Having held up well in the first quarter of the year, exports from Vietnam fell by 60% year-on-year in April, which is much steeper than the falls recorded during the depths of the global financial crisis, he stressed.

With exports equivalent to some 80% of the country’s gross domestic product (GDP), Vietnam is one of the most trade dependent economies in the region.

Overall, Oxford Economics forecast the country’s GDP would grow by a mere 0.5% this year, down from 7% in 2019. While this would make Vietnam the region’s best performing economy in 2020, it would still be the worst performance since 1980.

The U.K. think tank’s forecast is well below the International Monetary Fund’s expectations, at 2.7%, and the Vietnamese Government’s own target of 5%.

“The central bank has little to worry about on the inflation front,” noted Leather.
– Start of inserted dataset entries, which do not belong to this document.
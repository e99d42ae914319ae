ghost use Rattle.std.specs.Prelude.{◌≡◌};

use rx_text::{all_printable, is_printable};
use std::marker::Model;

/// The bytes of a request's header that a reply repeats.
#[derive(Clone, Copy, PartialEq, Eq)]
pub struct EchoParts {
    /// The version, as `D0`.
    pub version: [u8; 2],
    /// The transaction code, as `B1`.
    pub code: [u8; 2],
    /// The service provider id qualifier, as `01`.
    pub qualifier: [u8; 2],
    /// The service provider id, filled with blanks.
    pub provider: [u8; 15],
    /// The date of service, CCYYMMDD.
    pub date: [u8; 8],
}

/// What a reply repeats of its request: only printable bytes (docs/FORMATS.md, "Reply transmission").
#[derive(Clone, Copy, PartialEq, Eq)]
pub struct Echo {
    parts: EchoParts,
}

impl Model for Echo {
    ghost use Rattle.rx_d0_values.specs.declared.echo.EchoParts.{EchoParts};
    ghost use Rattle.rx_d0_values.specs.Echoed.{IsEcho};

    ghost Value = { EchoParts };

    ghost view = { λ e. e.parts };

    ghost invariant = { λ e. IsEcho e.parts };

    ghost inverse = { λ parts. record { parts = parts } };
}

ghost use Rattle.std.specs.Prelude.{if◌then◌else◌};
ghost use Rattle.rx_text.specs.Bytes.{is_printable};
ghost use Rattle.rx_d0_values.specs.Echoed.{echo_of, blanked, blanked_parts, IsEcho};

impl Echo {
    /// The echo of these bytes; None where one of them isn't printable.
    pub fn new(parts: EchoParts) -> Option<Echo>
        ensures { result ≡ echo_of parts }
    {
        if all_printable(&parts.version)
            && all_printable(&parts.code)
            && all_printable(&parts.qualifier)
            && all_printable(&parts.provider)
            && all_printable(&parts.date)
        {
            Some(Echo { parts })
        } else {
            None
        }
    }

    /// The echo of these bytes, each unprintable one a blank.
    pub fn blanked(parts: EchoParts) -> Echo
        ensures { result ≡ blanked_parts parts }
    {
        Echo {
            parts: EchoParts {
                version: printable(parts.version),
                code: printable(parts.code),
                qualifier: printable(parts.qualifier),
                provider: printable(parts.provider),
                date: printable(parts.date),
            },
        }
    }

    /// The echo's bytes.
    pub fn parts(&self) -> &EchoParts
        ensures value { result.now ≡ self.now }
        ensures printable { IsEcho self.now }
    {
        &self.parts
    }
}

// The bytes, each unprintable one a blank.
fn printable<const N: usize>(mut bytes: [u8; N]) -> [u8; N]
    ensures { result ≡ blanked bytes.entry }
{
    blank_unprintable(&mut bytes);
    bytes
}

fn blank_unprintable(bytes: &mut [u8])
    ensures { bytes.new ≡ blanked bytes.old }
{
    for byte in bytes.iter_mut() {
        *byte = printable_or_blank(*byte);
    }
}

fn printable_or_blank(byte: u8) -> u8
    ensures { result ≡ (if is_printable byte then byte else 32) }
{
    if is_printable(byte) { byte } else { b' ' }
}
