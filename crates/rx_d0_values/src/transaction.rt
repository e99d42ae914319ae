ghost use Rattle.std.specs.Prelude.{◌≡◌};
ghost use Rattle.rx_d0_values.specs.Keys.{reference_of};

use crate::bill::Bill;
use crate::codes::Codes;
use rx_fields::{Memory, Product, Reference};
use std::alloc::Global;
use std::marker::Model;
use std::slice;

/// A reversal (B2): it takes back the claim that stands under its fill key.
#[derive(Clone, Copy, PartialEq, Eq)]
pub struct Reversal {
    /// The prescription reference number (402-D2).
    pub reference: Reference,
    /// The product (407-D7).
    pub product: Product,
}

/// A transaction that could not be read.
#[derive(Clone, Copy, PartialEq, Eq)]
pub struct Faulty {
    /// Why.
    pub codes: Codes,
    /// The prescription reference number, where it was read.
    pub reference: Option<Reference>,
}

/// One transaction of a transmission.
#[derive(Clone, Copy, PartialEq, Eq)]
pub enum Transaction {
    /// A well-formed billing.
    Bill(Bill),
    /// A well-formed reversal.
    Reverse(Reversal),
    /// A billing or a reversal with reject codes.
    Faulty(Faulty),
}

impl Transaction {
    /// The prescription reference number (402-D2); None where it could not be read.
    pub fn reference(&self) -> Option<Reference>
        ensures { result ≡ reference_of self.now }
    {
        match self {
            Transaction::Bill(bill) => Some(bill.parts().reference),
            Transaction::Reverse(reversal) => Some(reversal.reference),
            Transaction::Faulty(faulty) => faulty.reference,
        }
    }
}

/// The transactions of a transmission: 1 to 4, never a billing with a reversal.
#[derive(Drop)]
pub struct Transactions {
    kept: Kept,
}

// Where they stand. Most transmissions have one, and that takes no allocation.
#[derive(Drop)]
enum Kept {
    One(Transaction),
    Several(Vec<Transaction>),
}

impl Model for Transactions {
    ghost use Rattle.std.specs.Prelude.{List};
    ghost use Rattle.rx_d0_values.specs.declared.transaction.Transaction.{Transaction};
    ghost use Rattle.rx_d0_values.specs.Kept.{items_of};
    ghost use Rattle.rx_d0_values.specs.Listed.{AreTransactions};

    ghost Value = { List Transaction };

    ghost view = { λ a. items_of a.kept };

    ghost invariant = { λ a. AreTransactions (items_of a.kept) };
}

ghost use Rattle.std.specs.Prelude.{◌↔◌, IfOk, IfErr, IsOk, IsTrue, ◌∷◌, [], length, true};
ghost use Rattle.std.specs.List.{list_any};
ghost use Rattle.rx_d0_values.specs.Listed.{is_bill, is_reversal, are_transactions};

impl Transactions {
    /// These transactions; they come back where they are no list of 1 to 4, or a billing stands with a reversal.
    pub fn new(items: Vec<Transaction>) -> Result<Transactions, Vec<Transaction>>
        ensures ok { IfOk result (λ list. list ≡ items.items) }
        ensures err { IfErr result (λ back. back ≡ items) }
        ensures accepts { IsOk result ↔ (are_transactions items.items ≡ true) }
    {
        if items.is_empty() || items.len() > 4 || (has_bill(&items) && has_reversal(&items)) {
            return Err(items);
        }
        let kept = match items.as_slice() {
            [one] => Kept::One(*one),
            _ => Kept::Several(items),
        };
        Ok(Transactions { kept })
    }

    /// The one transaction. It takes no allocation.
    pub fn one(transaction: Transaction) -> Transactions
        ensures { result ≡ transaction ∷ [] }
    {
        Transactions {
            kept: Kept::One(transaction),
        }
    }

    /// The transactions, in their order.
    pub fn as_slice(&self) -> &[Transaction]
        ensures value { result.now ≡ self.now }
        ensures within { are_transactions self.now ≡ true }
    {
        match &self.kept {
            Kept::One(one) => slice::from_ref(one),
            Kept::Several(items) => items.as_slice(),
        }
    }

    /// An equal list; that of one takes no allocation.
    pub fn copy(&self, alloc: Global) -> Result<Transactions, Memory>
        ensures { IfOk result (λ list. list ≡ self.now) }
    {
        let kept = match &self.kept {
            Kept::One(one) => Kept::One(*one),
            Kept::Several(items) => Kept::Several(Vec::from_slice(alloc, items.as_slice())?),
        };
        Ok(Transactions { kept })
    }
}

fn has_bill(items: &[Transaction]) -> bool
    ensures { result ≡ list_any is_bill items.now }
{
    items
        .iter()
        .any(|item| matches!(item, Transaction::Bill(_)))
}

fn has_reversal(items: &[Transaction]) -> bool
    ensures { result ≡ list_any is_reversal items.now }
{
    items
        .iter()
        .any(|item| matches!(item, Transaction::Reverse(_)))
}

ghost use Rattle.rx_d0_values.specs.contracts.transaction.Transactions.{the_row};
ghost use Rattle.rx_d0_values.specs.Same.{same, same_laws, same_equivalence};

impl PartialEq for Transactions {
    ghost eq = { same the_row.coded };

    ghost laws = { same_laws the_row.coded };

    #[tactic(auto, using(crate::proofs::Decided::transactions_decides))]
    fn eq(&self, other: &Transactions) -> bool
        ensures { IsTrue result ↔ (self.now ≡ other.now) }
    {
        self.as_slice() == other.as_slice()
    }
}

impl Eq for Transactions {
    ghost laws = { same_equivalence the_row.coded };
}
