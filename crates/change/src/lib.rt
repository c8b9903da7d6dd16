// The call change on the buffers that are lent: the axioms' bits in the store's own rows, the sets by the change core, the work space and the list.
#![tactic(auto)]

pub mod amending; // amending.rt: the used parts of store and work space, and the list, after a change
pub mod calls; // calls.rt: the call, by its questions

pub use calls::change;
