/// Replaces the open file, and notes the call that did so. A written file is closed.
fn open_next<R: FileSystem>(
    system: &mut R,
    opened: &mut OpenFile<R::File, R::Input>,
    journal: &mut Journal,
    next: (OpenFile<R::File, R::Input>, Call<'_>),
)
    ensures opened { opened.new ≡ next.entry.0 }
    ensures noted { journal.new.kept ≡ after_call next.entry.1 journal.old.kept }
    ensures closed { IsClosed R.closed opened.old }
    ensures stays { IsUncounted R.has_done R.left system.old system.new }
{
    if let OpenFile::ToWrite(file) = mem::replace(opened, next.0) {
        system.close_file(file);
    }
    *journal = journal.then(&next.1);
}

/// Unlocks the held file, if there is one.
fn release_held<R: FileSystem>(system: &mut R, held: &mut Option<R::Hold>)
    ensures none { held.new ≡ None }
    ensures left { ReleasesHeld R.has_done held.old system.old system.new }
    ensures keeps { CrashLeavesNoMore R.left system.old system.new }
{
    if let Some(hold) = held.take() {
        system.leave_held(hold);
    }
}

/// Writes once and flushes. The record has the bytes written even if the flush fails.
fn write_through<W: Outlet>(
    to: &mut W,
    stream: Stream,
    bytes: &[u8],
    journal: &mut Journal,
) -> io::Result<usize>
    ensures bound { IfOk result (λ n. n ≤ length bytes.now) }
    ensures some { IfOk result (λ n. n ≡ 0 → bytes.now ≡ []) }
    ensures taken { RecordsTruly stream bytes.now (W.contents to.old) (W.contents to.new) (W.is_flushed to.new)
        journal.old.kept journal.new.kept result }
{
    let count = write_some(to, bytes)?;
    *journal = journal.then(&Call::Sent(stream, bytes, count));
    flush(to)?;
    Ok(count)
}

/// Counts a failure, keeps its error kind, and returns its fault.
fn fail(failures: &mut u64, last: &mut Option<ErrorKind>, error: io::Error) -> DeskFault
    ensures fault { result ≡ Failed }
    ensures rises { failures.old ≤ failures.new }
    ensures counts { OneFailureCounted failures.old failures.new }
    ensures kind { last.new ≡ Some (error_kind error) }
{
    *failures = failures.saturating_add(1);
    *last = Some(error.kind());
    DeskFault::Failed
}

impl<R: FileSystem + Drop, O: Write + Drop, E: Write + Drop> SystemDesk<R, O, E> {
    /// Creates a desk with nothing open.
    pub fn new(system: R, output: O, messages: E) -> SystemDesk<R, O, E>
        ensures { result ≡ record {
          system = system;
          output = output;
          messages = messages;
          failures = 0;
          message_failures = 0;
          last_error = None;
          opened = Nothing;
          hold = None;
          kept = nothing_kept;
        } }
    {
        SystemDesk {
            system,
            output,
            messages,
            opened: OpenFile::Nothing,
            replacement: None,
            failures: 0,
            message_failures: 0,
            last_error: None,
            journal: Journal::new(),
        }
    }

    /// Returns the error kind of the last failed call, such as `StorageFull`, or `None` if no call has failed. It is
    /// `WriteZero` if a writer took no byte, and `NotFound` if no file was open to read or write. Later successes don't
    /// change it, nor does opening a file that doesn't exist, which is no failure.
    pub fn last_error(&self) -> Option<ErrorKind>
        ensures { result ≡ self.now.last_error }
    {
        self.last_error
    }
}
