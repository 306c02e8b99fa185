// Eight rows of bits in one row of bytes.
//   pack(rows, count, packed)   brings at most eight rows of bits, one bit a byte, into the bits of one row of bytes
//
// Bit i of byte k is bit k of row i; bits of rows that are not there are 0. Eight rows go in one pass, which the compiler makes of steps of 16 bytes, fewer
// go row by row. Each bit of the rows is read once, and the reads of a row are counted where they are made.
#![tactic(auto)]

ghost use Rattle.std.specs.Prelude.{◌≡◌, ℕ, ◌+◌, ◌*◌, ◌/◌, ◌%◌, ◌^◌, ◌≤◌, ◌<◌, length, get_or};
ghost use Rattle.bch.specs.Polynomial.{Bits};

// Brings eight rows into a row of bytes. Answers how many bits of each row it has read.
fn pack_eight(rows: &[u8], packed: &mut [u8]) -> usize
    requires { (length rows.now ≡ 8 * length packed.old) × Bits rows.now }
    ensures { (length packed.new ≡ length packed.old)
        × ((k i : ℕ) → k < length packed.old → i < 8
        → get_or packed.new k 0 / 2 ^ i % 2 ≡ get_or rows.now (i * length packed.old + k) 0)
        × (result ≡ length packed.old) }
{
    let w = packed.len();
    let mut reads: usize = 0;
    for (k, byte) in packed.iter_mut().enumerate() {
        let a = rows[7 * w + k];
        let b = 2 * a + rows[6 * w + k];
        let c = 2 * b + rows[5 * w + k];
        let d = 2 * c + rows[4 * w + k];
        let e = 2 * d + rows[3 * w + k];
        let f = 2 * e + rows[2 * w + k];
        let g = 2 * f + rows[w + k];
        *byte = 2 * g + rows[k];
        reads += 1;
    }
    reads
}

// Doubles each byte and adds the bit of a row. Answers how many bits of the row it has read.
fn double_in(row: &[u8], packed: &mut [u8]) -> usize
    requires { (length row.now ≡ length packed.old) × Bits row.now × ((k : ℕ) → get_or packed.old k 0 < 128) }
    ensures { (length packed.new ≡ length packed.old)
        × ((k : ℕ) → k < length packed.old → get_or packed.new k 0 ≡ 2 * get_or packed.old k 0 + get_or row.now k 0)
        × (result ≡ length packed.old) }
{
    let mut reads: usize = 0;
    for (k, byte) in packed.iter_mut().enumerate() {
        *byte = 2 * *byte + row[k];
        reads += 1;
    }
    reads
}

// Brings at most eight rows into a row of bytes, one after the other, the last first. Answers how many bits of each row it has read.
fn pack_few(rows: &[u8], count: usize, packed: &mut [u8]) -> usize
    requires { (length rows.now ≡ count * length packed.old) × (0 < count) × (count ≤ 8) × Bits rows.now }
    ensures { (length packed.new ≡ length packed.old)
        × ((k i : ℕ) → k < length packed.old → i < 8
        → get_or packed.new k 0 / 2 ^ i % 2 ≡ get_or rows.now (i * length packed.old + k) 0)
        × (result ≡ length packed.old) }
{
    let w = packed.len();
    packed.fill(0);
    let mut reads: usize = 0;
    for i in (0..count).rev() {
        let from = i * w;
        reads = double_in(&rows[from..from + w], packed);
    }
    reads
}

// Brings at most eight rows of bits into the lent row of bytes. Answers how many bits of each row it has read. One step for each bit.
pub fn pack(rows: &[u8], count: usize, packed: &mut [u8]) -> usize
    requires { (length rows.now ≡ count * length packed.old) × (0 < count) × (count ≤ 8) × Bits rows.now }
    ensures { (length packed.new ≡ length packed.old)
        × ((k i : ℕ) → k < length packed.old → i < 8
        → get_or packed.new k 0 / 2 ^ i % 2 ≡ get_or rows.now (i * length packed.old + k) 0)
        × (result ≡ length packed.old) }
{
    if count == 8 {
        pack_eight(rows, packed)
    } else {
        pack_few(rows, count, packed)
    }
}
Having peaked at 6.4% year-on-year in January, the headline inflation fell to just 2.9% year-on-year in April – its lowest rate in six months, he explained.

With weak growth and lower oil prices putting downward pressure on prices, he projected inflation should continue to weaken over the coming months.

“Putting all this together, we think the central bank will cut its main policy rate by a further 100 basis points over the coming months,” he said.